_Problem_:
All lines below containing the string "shows" are to be copied.

Content starts

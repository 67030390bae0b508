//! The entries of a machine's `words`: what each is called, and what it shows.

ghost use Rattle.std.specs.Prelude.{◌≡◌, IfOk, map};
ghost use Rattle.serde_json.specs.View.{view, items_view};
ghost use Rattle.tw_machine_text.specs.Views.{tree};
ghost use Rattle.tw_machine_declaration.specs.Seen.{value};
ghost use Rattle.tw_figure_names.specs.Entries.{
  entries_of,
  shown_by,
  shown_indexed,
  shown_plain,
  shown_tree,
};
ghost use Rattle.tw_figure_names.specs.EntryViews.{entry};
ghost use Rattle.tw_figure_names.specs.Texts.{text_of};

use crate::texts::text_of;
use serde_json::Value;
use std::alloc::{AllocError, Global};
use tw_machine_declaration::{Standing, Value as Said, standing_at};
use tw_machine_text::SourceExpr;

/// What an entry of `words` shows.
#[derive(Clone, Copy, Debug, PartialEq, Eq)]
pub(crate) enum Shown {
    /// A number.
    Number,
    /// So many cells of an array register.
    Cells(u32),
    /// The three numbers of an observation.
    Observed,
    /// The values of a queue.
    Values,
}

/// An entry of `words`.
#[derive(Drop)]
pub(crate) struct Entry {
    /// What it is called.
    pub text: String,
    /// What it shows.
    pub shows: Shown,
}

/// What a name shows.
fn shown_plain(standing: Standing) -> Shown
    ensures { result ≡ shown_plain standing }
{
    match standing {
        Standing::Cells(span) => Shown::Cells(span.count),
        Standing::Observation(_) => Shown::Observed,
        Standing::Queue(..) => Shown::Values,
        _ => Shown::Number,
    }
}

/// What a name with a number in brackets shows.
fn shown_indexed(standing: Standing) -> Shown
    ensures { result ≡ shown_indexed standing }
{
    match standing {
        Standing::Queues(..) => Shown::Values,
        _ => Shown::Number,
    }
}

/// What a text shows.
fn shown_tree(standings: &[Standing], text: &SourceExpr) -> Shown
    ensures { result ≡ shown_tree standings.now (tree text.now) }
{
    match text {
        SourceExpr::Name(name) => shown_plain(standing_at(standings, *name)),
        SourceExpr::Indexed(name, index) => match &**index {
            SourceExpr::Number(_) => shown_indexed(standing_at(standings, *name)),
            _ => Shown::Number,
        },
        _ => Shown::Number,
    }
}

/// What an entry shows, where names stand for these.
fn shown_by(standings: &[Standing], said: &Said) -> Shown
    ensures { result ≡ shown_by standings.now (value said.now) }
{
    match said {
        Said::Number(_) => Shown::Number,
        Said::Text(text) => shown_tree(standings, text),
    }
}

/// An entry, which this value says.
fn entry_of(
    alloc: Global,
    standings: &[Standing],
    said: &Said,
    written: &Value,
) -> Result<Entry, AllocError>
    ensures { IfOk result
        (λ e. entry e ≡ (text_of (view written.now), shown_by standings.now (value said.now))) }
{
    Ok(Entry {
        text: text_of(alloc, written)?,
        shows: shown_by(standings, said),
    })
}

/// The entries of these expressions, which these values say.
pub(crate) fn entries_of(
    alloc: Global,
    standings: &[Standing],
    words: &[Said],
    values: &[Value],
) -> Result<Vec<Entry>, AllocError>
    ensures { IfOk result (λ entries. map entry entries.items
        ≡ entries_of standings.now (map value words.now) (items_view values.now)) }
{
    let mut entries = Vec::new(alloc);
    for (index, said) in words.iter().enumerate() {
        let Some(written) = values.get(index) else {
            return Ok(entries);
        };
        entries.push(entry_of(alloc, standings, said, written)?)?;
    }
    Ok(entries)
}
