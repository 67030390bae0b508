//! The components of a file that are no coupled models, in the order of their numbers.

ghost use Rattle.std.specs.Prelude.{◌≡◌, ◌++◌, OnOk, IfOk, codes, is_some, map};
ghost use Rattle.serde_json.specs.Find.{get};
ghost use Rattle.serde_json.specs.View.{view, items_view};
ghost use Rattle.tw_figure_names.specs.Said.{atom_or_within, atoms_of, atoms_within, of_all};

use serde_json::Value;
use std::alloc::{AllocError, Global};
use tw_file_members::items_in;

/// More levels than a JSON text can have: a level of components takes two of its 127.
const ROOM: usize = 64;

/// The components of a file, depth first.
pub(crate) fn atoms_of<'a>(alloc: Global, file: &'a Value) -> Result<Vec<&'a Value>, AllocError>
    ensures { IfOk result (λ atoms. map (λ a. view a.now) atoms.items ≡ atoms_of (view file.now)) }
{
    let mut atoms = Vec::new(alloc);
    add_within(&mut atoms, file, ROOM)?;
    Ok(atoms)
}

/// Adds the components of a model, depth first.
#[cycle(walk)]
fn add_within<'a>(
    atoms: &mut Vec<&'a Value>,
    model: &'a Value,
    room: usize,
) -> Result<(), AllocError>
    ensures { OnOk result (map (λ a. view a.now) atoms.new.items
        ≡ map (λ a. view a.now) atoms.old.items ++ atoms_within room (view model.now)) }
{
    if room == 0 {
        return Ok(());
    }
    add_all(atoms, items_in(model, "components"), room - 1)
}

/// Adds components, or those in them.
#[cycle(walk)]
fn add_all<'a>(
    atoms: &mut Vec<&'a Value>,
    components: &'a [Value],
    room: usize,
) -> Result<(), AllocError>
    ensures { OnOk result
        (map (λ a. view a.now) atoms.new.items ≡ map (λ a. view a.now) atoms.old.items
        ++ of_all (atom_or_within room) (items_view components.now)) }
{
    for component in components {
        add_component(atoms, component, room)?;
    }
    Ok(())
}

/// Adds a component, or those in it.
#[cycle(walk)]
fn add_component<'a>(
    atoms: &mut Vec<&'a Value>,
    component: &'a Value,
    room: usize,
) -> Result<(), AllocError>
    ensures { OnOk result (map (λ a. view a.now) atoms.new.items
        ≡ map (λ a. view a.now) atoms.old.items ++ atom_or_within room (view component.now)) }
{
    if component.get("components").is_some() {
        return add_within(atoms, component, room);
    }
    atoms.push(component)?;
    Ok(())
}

Content ends
Content starts

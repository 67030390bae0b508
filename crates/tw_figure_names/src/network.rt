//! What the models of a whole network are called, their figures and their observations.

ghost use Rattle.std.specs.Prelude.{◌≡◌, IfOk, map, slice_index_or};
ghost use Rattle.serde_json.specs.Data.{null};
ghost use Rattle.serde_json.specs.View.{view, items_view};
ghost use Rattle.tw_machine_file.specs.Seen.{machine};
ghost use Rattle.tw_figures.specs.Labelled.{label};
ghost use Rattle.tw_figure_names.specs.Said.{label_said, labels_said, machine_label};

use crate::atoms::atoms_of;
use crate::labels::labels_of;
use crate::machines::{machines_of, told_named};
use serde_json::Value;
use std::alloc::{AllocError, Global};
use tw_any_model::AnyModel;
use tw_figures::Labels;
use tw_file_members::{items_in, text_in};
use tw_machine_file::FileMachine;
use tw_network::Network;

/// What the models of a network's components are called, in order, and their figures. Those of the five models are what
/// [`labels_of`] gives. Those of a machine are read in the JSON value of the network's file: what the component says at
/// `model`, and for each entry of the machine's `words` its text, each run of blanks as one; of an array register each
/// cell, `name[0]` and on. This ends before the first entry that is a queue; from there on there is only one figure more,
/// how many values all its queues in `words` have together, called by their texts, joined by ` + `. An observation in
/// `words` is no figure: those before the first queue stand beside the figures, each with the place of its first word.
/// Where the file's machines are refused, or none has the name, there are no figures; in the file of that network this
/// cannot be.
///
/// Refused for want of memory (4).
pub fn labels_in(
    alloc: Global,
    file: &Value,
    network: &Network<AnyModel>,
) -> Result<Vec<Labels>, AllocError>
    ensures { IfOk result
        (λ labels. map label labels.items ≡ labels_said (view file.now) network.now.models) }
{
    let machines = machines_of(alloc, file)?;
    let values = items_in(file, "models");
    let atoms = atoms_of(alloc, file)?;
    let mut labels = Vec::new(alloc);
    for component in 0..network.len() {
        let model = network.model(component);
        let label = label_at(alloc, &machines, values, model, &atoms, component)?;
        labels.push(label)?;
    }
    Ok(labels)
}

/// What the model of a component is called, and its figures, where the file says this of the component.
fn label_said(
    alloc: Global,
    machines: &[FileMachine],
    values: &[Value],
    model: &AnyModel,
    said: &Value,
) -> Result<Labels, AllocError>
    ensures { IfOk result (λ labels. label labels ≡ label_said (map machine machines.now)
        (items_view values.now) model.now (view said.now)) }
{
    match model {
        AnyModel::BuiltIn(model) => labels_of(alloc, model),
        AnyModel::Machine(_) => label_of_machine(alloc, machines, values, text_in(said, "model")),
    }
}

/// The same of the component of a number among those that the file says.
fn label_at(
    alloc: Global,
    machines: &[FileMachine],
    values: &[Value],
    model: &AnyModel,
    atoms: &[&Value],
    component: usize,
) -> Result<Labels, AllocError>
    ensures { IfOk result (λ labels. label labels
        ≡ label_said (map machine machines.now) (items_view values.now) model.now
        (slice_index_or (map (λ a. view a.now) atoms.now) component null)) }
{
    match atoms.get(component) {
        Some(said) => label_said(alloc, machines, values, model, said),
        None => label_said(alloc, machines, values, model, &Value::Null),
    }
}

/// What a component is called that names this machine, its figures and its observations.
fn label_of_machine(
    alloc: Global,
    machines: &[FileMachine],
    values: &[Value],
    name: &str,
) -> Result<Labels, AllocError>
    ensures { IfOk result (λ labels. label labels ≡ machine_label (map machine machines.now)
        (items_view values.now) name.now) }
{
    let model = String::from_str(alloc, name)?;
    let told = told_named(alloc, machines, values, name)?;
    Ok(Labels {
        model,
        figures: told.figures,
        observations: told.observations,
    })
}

Content ends
Content starts

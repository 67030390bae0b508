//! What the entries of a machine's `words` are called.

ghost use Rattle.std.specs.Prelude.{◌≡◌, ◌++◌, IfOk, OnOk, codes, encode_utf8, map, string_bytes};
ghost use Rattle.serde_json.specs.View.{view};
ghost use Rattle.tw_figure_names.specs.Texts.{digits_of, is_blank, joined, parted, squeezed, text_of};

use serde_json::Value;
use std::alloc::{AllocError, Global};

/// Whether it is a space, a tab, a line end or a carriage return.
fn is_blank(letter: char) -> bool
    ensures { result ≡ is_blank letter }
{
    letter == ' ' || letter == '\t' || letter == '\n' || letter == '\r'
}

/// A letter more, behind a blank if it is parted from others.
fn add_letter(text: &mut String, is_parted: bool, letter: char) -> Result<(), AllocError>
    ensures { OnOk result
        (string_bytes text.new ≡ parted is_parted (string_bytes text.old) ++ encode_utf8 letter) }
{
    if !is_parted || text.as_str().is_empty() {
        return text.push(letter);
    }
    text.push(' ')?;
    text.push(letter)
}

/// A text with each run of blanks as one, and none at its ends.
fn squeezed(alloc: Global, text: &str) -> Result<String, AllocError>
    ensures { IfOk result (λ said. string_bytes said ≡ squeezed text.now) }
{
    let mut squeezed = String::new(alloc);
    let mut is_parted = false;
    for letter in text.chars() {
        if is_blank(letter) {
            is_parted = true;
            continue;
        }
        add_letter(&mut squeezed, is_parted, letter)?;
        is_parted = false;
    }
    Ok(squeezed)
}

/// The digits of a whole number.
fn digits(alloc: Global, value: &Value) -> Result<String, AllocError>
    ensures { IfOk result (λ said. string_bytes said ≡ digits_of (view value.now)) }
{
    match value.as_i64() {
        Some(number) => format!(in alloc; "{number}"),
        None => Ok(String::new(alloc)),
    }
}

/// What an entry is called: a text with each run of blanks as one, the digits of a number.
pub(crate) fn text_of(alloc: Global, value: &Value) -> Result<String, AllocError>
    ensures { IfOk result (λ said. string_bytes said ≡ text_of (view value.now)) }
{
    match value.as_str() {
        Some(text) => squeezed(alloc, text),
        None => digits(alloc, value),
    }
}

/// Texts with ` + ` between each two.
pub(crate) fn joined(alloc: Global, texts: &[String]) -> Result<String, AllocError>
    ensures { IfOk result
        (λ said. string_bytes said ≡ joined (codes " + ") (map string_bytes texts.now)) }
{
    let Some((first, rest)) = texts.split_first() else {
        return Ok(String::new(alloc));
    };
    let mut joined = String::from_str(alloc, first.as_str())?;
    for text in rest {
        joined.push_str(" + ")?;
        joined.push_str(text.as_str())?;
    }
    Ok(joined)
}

Content ends

_Solved exercise_:
//! The entries of a machine's `words`: what each is called, and what it shows.
/// What an entry of `words` shows.
    /// What it shows.
    pub shows: Shown,
/// What a name shows.
/// What a name with a number in brackets shows.
/// What a text shows.
/// What an entry shows, where names stand for these.
        shows: shown_by(standings, said),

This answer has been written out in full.